### DESCRIPTION OF THE TASK
Lines with the word "that" in them are the ones to copy from the records.

::::::::::

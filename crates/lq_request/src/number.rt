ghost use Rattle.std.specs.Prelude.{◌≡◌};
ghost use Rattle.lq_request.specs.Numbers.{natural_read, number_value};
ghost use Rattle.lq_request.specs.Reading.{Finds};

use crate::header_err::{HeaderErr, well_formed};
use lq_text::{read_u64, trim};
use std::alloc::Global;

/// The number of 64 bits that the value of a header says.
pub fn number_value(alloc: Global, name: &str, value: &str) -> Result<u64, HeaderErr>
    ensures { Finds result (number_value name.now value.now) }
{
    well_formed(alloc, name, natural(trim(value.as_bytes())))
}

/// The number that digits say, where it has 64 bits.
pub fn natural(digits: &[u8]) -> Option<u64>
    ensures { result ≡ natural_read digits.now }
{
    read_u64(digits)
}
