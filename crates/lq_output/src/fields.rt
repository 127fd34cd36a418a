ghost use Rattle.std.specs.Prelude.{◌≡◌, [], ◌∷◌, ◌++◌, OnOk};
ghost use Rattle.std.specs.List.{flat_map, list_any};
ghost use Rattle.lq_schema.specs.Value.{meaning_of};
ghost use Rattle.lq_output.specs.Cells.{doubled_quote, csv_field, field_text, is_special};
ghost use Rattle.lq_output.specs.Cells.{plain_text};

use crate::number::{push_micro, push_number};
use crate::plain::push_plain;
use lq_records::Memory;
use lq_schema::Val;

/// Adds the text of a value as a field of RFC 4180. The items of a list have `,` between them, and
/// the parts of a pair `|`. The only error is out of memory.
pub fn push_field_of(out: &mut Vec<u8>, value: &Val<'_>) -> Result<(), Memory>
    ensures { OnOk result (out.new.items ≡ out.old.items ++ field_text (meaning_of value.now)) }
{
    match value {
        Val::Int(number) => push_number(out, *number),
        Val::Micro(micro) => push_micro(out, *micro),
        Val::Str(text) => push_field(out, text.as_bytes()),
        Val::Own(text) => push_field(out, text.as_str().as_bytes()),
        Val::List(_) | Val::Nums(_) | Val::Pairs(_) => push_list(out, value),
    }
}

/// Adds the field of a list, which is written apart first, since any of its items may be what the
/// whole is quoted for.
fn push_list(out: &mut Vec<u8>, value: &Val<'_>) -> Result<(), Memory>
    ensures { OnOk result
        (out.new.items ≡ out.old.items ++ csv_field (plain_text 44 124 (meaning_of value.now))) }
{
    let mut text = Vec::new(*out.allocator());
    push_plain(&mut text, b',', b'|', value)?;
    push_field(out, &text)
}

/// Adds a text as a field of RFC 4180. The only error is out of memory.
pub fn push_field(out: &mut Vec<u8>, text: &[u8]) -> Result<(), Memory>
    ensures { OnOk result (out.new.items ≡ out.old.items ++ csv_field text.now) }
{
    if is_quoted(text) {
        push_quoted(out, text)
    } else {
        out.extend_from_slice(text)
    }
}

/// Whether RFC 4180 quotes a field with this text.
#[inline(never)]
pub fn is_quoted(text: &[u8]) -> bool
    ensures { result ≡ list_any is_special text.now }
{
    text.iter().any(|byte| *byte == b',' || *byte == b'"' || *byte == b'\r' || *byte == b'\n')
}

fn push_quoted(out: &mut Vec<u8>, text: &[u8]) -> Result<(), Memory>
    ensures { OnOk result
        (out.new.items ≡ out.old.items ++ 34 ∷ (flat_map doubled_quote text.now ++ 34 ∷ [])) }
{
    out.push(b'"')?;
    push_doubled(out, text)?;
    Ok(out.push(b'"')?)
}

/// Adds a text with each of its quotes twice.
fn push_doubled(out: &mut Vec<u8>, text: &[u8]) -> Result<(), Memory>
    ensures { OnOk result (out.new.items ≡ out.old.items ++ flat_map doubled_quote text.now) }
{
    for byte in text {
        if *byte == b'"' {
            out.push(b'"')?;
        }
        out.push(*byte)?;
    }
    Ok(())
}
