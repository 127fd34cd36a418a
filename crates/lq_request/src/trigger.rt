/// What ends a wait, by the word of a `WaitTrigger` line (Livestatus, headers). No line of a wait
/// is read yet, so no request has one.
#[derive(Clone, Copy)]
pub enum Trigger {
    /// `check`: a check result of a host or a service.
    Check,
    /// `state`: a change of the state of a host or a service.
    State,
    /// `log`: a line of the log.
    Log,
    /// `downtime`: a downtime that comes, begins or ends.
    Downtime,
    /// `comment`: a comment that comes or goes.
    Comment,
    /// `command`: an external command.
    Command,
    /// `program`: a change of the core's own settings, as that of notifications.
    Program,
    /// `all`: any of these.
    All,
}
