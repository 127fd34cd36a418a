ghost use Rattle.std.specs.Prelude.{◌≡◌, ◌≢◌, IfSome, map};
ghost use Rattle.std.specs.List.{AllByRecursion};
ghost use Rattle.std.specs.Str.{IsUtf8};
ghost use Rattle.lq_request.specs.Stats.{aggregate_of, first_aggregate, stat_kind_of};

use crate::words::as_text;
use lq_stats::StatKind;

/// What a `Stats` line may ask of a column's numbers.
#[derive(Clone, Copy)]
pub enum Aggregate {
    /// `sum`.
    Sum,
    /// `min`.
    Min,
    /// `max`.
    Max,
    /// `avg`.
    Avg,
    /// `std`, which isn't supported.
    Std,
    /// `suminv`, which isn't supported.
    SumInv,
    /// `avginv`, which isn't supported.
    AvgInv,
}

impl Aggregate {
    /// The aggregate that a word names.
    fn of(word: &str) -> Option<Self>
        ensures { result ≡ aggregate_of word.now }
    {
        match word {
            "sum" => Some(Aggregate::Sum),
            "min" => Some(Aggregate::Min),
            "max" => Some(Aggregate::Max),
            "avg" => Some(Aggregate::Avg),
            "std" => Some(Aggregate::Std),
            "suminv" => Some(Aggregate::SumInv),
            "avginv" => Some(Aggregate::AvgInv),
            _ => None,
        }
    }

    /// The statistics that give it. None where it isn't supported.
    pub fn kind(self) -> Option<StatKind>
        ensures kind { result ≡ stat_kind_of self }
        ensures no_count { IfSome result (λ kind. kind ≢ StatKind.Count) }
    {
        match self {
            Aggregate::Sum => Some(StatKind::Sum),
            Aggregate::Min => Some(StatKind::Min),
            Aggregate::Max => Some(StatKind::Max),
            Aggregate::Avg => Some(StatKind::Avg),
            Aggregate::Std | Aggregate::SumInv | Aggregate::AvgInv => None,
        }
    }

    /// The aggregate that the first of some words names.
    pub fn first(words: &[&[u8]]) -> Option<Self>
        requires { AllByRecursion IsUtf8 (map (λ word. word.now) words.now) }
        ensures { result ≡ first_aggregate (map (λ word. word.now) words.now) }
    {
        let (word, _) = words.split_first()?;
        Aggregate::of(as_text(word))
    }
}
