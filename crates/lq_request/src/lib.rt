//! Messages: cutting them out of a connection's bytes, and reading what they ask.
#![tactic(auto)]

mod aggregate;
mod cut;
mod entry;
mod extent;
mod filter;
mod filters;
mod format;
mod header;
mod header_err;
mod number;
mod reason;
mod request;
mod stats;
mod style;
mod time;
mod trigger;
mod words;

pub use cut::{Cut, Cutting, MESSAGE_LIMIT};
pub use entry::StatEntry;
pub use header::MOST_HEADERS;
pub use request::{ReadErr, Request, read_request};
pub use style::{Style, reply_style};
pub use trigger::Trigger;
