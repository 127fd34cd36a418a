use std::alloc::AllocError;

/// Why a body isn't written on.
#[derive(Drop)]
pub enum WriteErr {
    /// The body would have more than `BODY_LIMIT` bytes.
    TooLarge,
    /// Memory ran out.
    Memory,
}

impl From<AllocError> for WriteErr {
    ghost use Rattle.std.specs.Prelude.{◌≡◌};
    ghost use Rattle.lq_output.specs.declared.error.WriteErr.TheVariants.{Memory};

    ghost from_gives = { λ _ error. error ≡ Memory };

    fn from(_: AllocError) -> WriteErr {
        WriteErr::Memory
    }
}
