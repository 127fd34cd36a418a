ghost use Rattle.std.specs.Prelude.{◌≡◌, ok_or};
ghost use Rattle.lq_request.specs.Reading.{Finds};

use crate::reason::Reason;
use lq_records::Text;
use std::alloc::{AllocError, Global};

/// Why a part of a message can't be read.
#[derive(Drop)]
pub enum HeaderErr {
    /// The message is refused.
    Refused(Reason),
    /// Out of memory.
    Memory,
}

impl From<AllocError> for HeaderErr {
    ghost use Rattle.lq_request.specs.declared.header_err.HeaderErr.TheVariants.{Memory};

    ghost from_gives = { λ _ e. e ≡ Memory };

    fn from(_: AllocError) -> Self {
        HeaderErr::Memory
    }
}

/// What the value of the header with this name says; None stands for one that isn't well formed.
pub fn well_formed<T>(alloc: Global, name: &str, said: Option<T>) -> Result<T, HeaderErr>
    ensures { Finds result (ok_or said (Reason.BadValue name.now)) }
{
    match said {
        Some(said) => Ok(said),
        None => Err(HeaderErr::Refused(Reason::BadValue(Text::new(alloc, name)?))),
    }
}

::::::::::

### SOLUTION TO THIS TASK
/// The number of 64 bits that the value of a header says.
/// The number that digits say, where it has 64 bits.
    /// `downtime`: a downtime that comes, begins or ends.
    /// `comment`: a comment that comes or goes.
    /// `program`: a change of the core's own settings, as that of notifications.
    /// The aggregate that a word names.
    /// The statistics that give it. None where it isn't supported.
    /// The aggregate that the first of some words names.
/// What the value of the header with this name says; None stands for one that isn't well formed.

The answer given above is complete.